Tally every line in the following material that has the word "meant" in it, and answer with that figure alone.
________________
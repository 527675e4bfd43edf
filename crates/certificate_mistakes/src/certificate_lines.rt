//! Lines of certificates that are not facts, or not as they have to be.

use crate::fact_look::fact_mistake;
use mistake_sentences::{FactMistake, ModeNumbers};
use token_search::{after_last, before_byte, beginning_among, has_part};

/// The facts whose numbers are never negative.
const NATURAL: [&str; 9] = [
    "cti(", "by(", "falls(", "measure(", "none(", "point(", "at(", "blown(", "large(",
];

/// What follows the name and the arity of a fact's predicate: names may have any byte.
fn after_name(line: &[u8]) -> &[u8] {
    after_last(line, b'/')
}

/// Whether a minus sign stands in a text.
fn has_minus(text: &[u8]) -> bool {
    text.contains(&b'-')
}

/// Whether a line of a text is that of a certificate's version.
fn has_version(text: &[u8]) -> bool {
    text.starts_with(b"cti(") || has_part(text, b"\ncti(")
}

/// What the text of a certificate shows as a whole, whose line of this number, counted from 1, is not a fact.
pub fn beginning_mistake<'a>(text: &[u8], number: u64) -> Option<FactMistake<'a>> {
    if text.starts_with(b"ctilex(") {
        Some(FactMistake::OfLists)
    } else if number == 1 && !has_version(text) {
        Some(FactMistake::NoBeginning)
    } else {
        None
    }
}

/// What the form of a line shows, whatever fact it is to be.
fn form_mistake<'a>(line: &[u8]) -> Option<FactMistake<'a>> {
    if line.ends_with(b"\r") {
        Some(FactMistake::CarriageReturn)
    } else if line.is_empty() {
        Some(FactMistake::EmptyLine)
    } else if line.starts_with(b"%") || line.starts_with(b"/*") {
        Some(FactMistake::Comment)
    } else if beginning_among(&NATURAL, line).is_some() && has_minus(after_name(line)) {
        Some(FactMistake::Negative)
    } else {
        None
    }
}

/// What a line that is not a fact shows. `is_unended` is whether no line comes after it.
pub fn line_mistake<'a>(line: &'a [u8], is_unended: bool) -> Option<FactMistake<'a>> {
    if let Some(mistake) = form_mistake(line) {
        return Some(mistake);
    }
    if is_unended && !line.ends_with(b").") {
        return Some(FactMistake::CutOff);
    }
    if let Some(mistake) = fact_mistake(line) {
        return Some(mistake);
    }
    if is_unended {
        Some(FactMistake::NoNewline)
    } else {
        None
    }
}

/// A list of modes, read byte by byte.
#[derive(Clone, Copy)]
struct ModeReader {
    numbers: ModeNumbers,
    /// The number before.
    before: usize,
    /// The number under way.
    number: usize,
    /// Whether each number was above the one before.
    ascends: bool,
    /// Whether each number was one from 1 to 12.
    is_whole: bool,
}

impl ModeReader {
    /// Before a mode.
    fn new() -> ModeReader {
        ModeReader {
            numbers: ModeNumbers::none(),
            before: 0,
            number: 0,
            ascends: true,
            is_whole: true,
        }
    }

    /// Takes a digit.
    fn take_digit(&mut self, byte: u8) {
        let digit = usize::from(byte.saturating_sub(b'0'));
        self.number = self.number.saturating_mul(10).saturating_add(digit);
    }

    /// Takes the end of a number.
    fn end_number(&mut self) {
        self.is_whole = self.numbers.add(self.number) && self.is_whole;
        self.ascends = self.ascends && self.number > self.before;
        self.before = self.number;
        self.number = 0;
    }

    /// The mode, where its numbers are in range and do not ascend.
    fn unordered(self) -> Option<ModeNumbers> {
        if self.is_whole && !self.ascends {
            Some(self.numbers)
        } else {
            None
        }
    }
}

/// The first mode of a `terminates` line whose numbers do not ascend.
fn unordered_mode(modes: &[u8]) -> Option<ModeNumbers> {
    let mut reader = ModeReader::new();
    for byte in modes {
        match *byte {
            b'0'..=b'9' => reader.take_digit(*byte),
            b'[' => reader = ModeReader::new(),
            b',' | b']' => reader.end_number(),
            _ => return None,
        }
        if *byte == b']'
            && let Some(numbers) = reader.unordered()
        {
            return Some(numbers);
        }
    }
    None
}

/// What a `terminates` line shows whose modes have their numbers in a wrong order.
pub fn mode_mistake<'a>(line: &[u8]) -> Option<FactMistake<'a>> {
    if !line.starts_with(b"terminates(") {
        return None;
    }
    let modes = after_name(line);
    if let Some(arity) = before_byte(modes, b'[')
        && let Some(modes) = modes.strip_prefix(arity)
        && let Some(numbers) = unordered_mode(modes)
    {
        return Some(FactMistake::ModeOrder(numbers));
    }
    None
}
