//! Places after a whole term where a clause cannot go on.

use crate::foreign_operators::foreign_mistake;
use crate::infix_operators::{MOST_SYMBOLS, infix_mistake, is_infix};
use mistake_sentences::{ClauseMistake, GoalMistake, Mistake, OperatorMistake};
use token_search::{
    Bracket, Gap, TokenReader, beginning_among, first_name, first_symbols, is_layout, is_word_byte,
    last_name, last_word, may_declare, shown_name,
};

/// Whether a dot at the front of a text ends a clause.
fn is_end(text: &[u8]) -> bool {
    match text {
        [b'.'] => true,
        [b'.', next, ..] => *next == b'%' || is_layout(*next),
        _ => false,
    }
}

/// What a dot shows that ends no clause.
fn dot_mistake<'a>(symbols: &[u8], after: &[u8]) -> Option<ClauseMistake<'a>> {
    match shown_name(symbols).unwrap_or("") {
        "." if !is_end(after) => Some(ClauseMistake::Dot),
        ".." if is_end(after.get(1..).unwrap_or(&[])) => Some(ClauseMistake::Dots),
        "*/" => Some(ClauseMistake::NestedComment),
        _ => None,
    }
}

/// What a parenthesis shows that opens after a text, which ends in this word.
fn parenthesis_mistake<'a>(before: &'a [u8], word: &'a [u8]) -> Option<ClauseMistake<'a>> {
    match word.first() {
        Some(b'A'..=b'Z' | b'_') => shown_name(word).map(ClauseMistake::VariableName),
        Some(_) => None,
        None => last_name(before.trim_ascii_end())
            .and_then(shown_name)
            .map(ClauseMistake::Space),
    }
}

/// What a bracket shows that opens right after a term, or after a space that follows a name.
fn opening_mistake<'a>(gap: Gap<'a>) -> Option<ClauseMistake<'a>> {
    let word = last_word(gap.before);
    match gap.after.first() {
        Some(b'(') => parenthesis_mistake(gap.before, word),
        Some(b'{') if !word.is_empty() => Some(ClauseMistake::Dict),
        _ => None,
    }
}

/// A colon with a dash or a minus sign of typography.
const DASHED_NECKS: [&str; 7] = [":‐", ":‑", ":‒", ":–", ":—", ":―", ":−"];

/// Whether a text begins with a colon and a minus sign that layout parts.
fn is_split_neck(text: &[u8]) -> bool {
    match text.strip_prefix(b": ".as_slice()) {
        Some(rest) => rest.trim_ascii_start().starts_with(b"-"),
        None => false,
    }
}

/// The name before a colon that is followed by a name, outside lists, as `m` in `m:p`.
fn module_before<'a>(gap: Gap<'a>) -> Option<&'a [u8]> {
    match gap.after {
        [_, next, ..] if next.is_ascii_lowercase() && gap.bracket != Some(Bracket::List) => {
            last_name(gap.before)
        }
        _ => None,
    }
}

/// What a colon is meant for, which is no operator.
fn colon_mistake<'a>(gap: Gap<'a>) -> Option<OperatorMistake<'a>> {
    if is_split_neck(gap.after) {
        Some(OperatorMistake::SplitNeck)
    } else if let Some(neck) = beginning_among(&DASHED_NECKS, gap.after) {
        Some(OperatorMistake::Neck(neck))
    } else if let Some(name) = module_before(gap) {
        shown_name(name).map(OperatorMistake::Module)
    } else {
        Some(OperatorMistake::Unknown(":"))
    }
}

/// What symbols show that are declared as an operator somewhere.
fn declared_mistake<'a>(gap: Gap<'a>, symbols: &'a [u8]) -> Option<Mistake<'a>> {
    if !may_declare(gap.before, symbols)
        && may_declare(gap.after, symbols)
        && let Some(name) = shown_name(symbols)
    {
        return Some(Mistake::Operator(OperatorMistake::Late(name)));
    }
    None
}

/// What a run of symbols shows that is no operator.
fn symbol_mistake<'a>(gap: Gap<'a>, symbols: &'a [u8]) -> Option<Mistake<'a>> {
    if symbols.is_empty() || symbols.len() > MOST_SYMBOLS {
        return None;
    }
    if may_declare(gap.operators, symbols) {
        return declared_mistake(gap, symbols);
    }
    named_mistake(gap, shown_name(symbols)?)
}

/// What symbols of this name show that no directive declares.
fn named_mistake<'a>(gap: Gap<'a>, name: &'a str) -> Option<Mistake<'a>> {
    match name {
        ":" => colon_mistake(gap).map(Mistake::Operator),
        "*->" => Some(Mistake::Goal(GoalMistake::SoftCut)),
        _ if is_infix(name.as_bytes()) => infix_mistake(gap, name).map(Mistake::Operator),
        _ => Some(foreign(gap, name).unwrap_or(Mistake::Operator(OperatorMistake::Unknown(name)))),
    }
}

/// What a sign of another language shows, which may be one of the program's own within a term.
fn foreign<'a>(gap: Gap<'a>, sign: &'a str) -> Option<Mistake<'a>> {
    match foreign_mistake(sign, gap.is_in_head) {
        Some(_) if gap.is_in_term() => Some(Mistake::Operator(OperatorMistake::Unknown(sign))),
        mistake => mistake,
    }
}

/// What signs show that are no symbols: `!=` and `||`.
fn sign_mistake<'a>(gap: Gap<'a>) -> Option<Mistake<'a>> {
    foreign(gap, beginning_among(&["!=", "||"], gap.after)?)
}

/// What a word shows that begins right after a name and a space, as `r` in `not r`.
fn second_word<'a>(gap: Gap<'a>) -> Option<Mistake<'a>> {
    match name_before_space(gap.before).and_then(shown_name) {
        Some("not") => Some(Mistake::Goal(GoalMistake::NotOperator)),
        Some("if") => Some(Mistake::Goal(GoalMistake::If)),
        Some(name) if !gap.is_in_head && gap.bracket.is_none() => {
            Some(Mistake::Clause(ClauseMistake::NoParentheses(name)))
        }
        _ => None,
    }
}

/// What a word shows after a whole term.
fn word_mistake<'a>(gap: Gap<'a>) -> Option<Mistake<'a>> {
    if let Some(word) = first_name(gap.after) {
        let mistake = foreign(gap, shown_name(word)?);
        if mistake.is_some() {
            return mistake;
        }
    }
    match gap.after.first() {
        Some(next) if is_word_byte(*next) => second_word(gap),
        _ => None,
    }
}

/// The name that a text ends in, but for layout in the same line, of which there is some.
fn name_before_space(text: &[u8]) -> Option<&[u8]> {
    let before = text.trim_ascii_end();
    match text.strip_prefix(before) {
        Some(layout) if !layout.is_empty() && !layout.contains(&b'\n') => last_name(before),
        _ => None,
    }
}

/// Whether a bracket that is open at the front of a text is closed before the clause ends.
pub fn is_closed_later(text: &[u8]) -> bool {
    let mut reader = TokenReader::new(text, 0);
    let mut depth = 0u32;
    for _ in 0..reader.most() {
        let Some(word) = reader.next() else {
            return false;
        };
        if word.is_end() {
            return false;
        }
        if depth == 0 && word.closes() {
            return true;
        }
        depth = word.depth_after(depth);
    }
    false
}

/// What the text shows at a place after a whole term, where the clause cannot go on.
pub fn gap_mistake<'a>(gap: Gap<'a>) -> Option<Mistake<'a>> {
    let symbols = first_symbols(gap.after);
    if let Some(mistake) = dot_mistake(symbols, gap.after) {
        return Some(Mistake::Clause(mistake));
    }
    if let Some(mistake) = opening_mistake(gap) {
        return Some(Mistake::Clause(mistake));
    }
    if let Some(mistake) = sign_mistake(gap) {
        return Some(mistake);
    }
    if let Some(mistake) = word_mistake(gap) {
        return Some(mistake);
    }
    symbol_mistake(gap, symbols)
}
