//! Comments that were meant for something else.

use mistake_sentences::OperatorMistake;
use token_search::{after_last, before_byte, is_word_byte};

/// The last line of a text that is not empty.
fn last_line(text: &[u8]) -> &[u8] {
    after_last(text.trim_ascii_end(), b'\n')
}

/// Whether a text ends in a name, a variable or a number, but for layout.
fn ends_operand(text: &[u8]) -> bool {
    match text.trim_ascii_end().last() {
        Some(byte) => is_word_byte(*byte),
        None => false,
    }
}

/// Whether a text that begins with `%` goes on with an expression: a number or a variable first, no small letter, and a
/// dot or comma at the end.
fn is_rest(text: &[u8]) -> bool {
    match text.get(1..).unwrap_or(&[]).trim_ascii() {
        [first, middle @ .., b'.' | b','] => {
            (first.is_ascii_digit() || first.is_ascii_uppercase())
                && !middle.iter().any(|byte| byte.is_ascii_lowercase())
        }
        _ => false,
    }
}

/// A mistake where `%` was meant for the remainder of a division at the end of a text, as in `Y is X % 2`.
pub fn percent_mistake<'a>(text: &[u8]) -> Option<OperatorMistake<'a>> {
    let line = last_line(text);
    if let Some(before) = before_byte(line, b'%')
        && let Some(after) = line.strip_prefix(before)
        && ends_operand(before)
        && is_rest(after)
    {
        return Some(OperatorMistake::Percent);
    }
    None
}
________________
EXERCISE RESPONSE:
3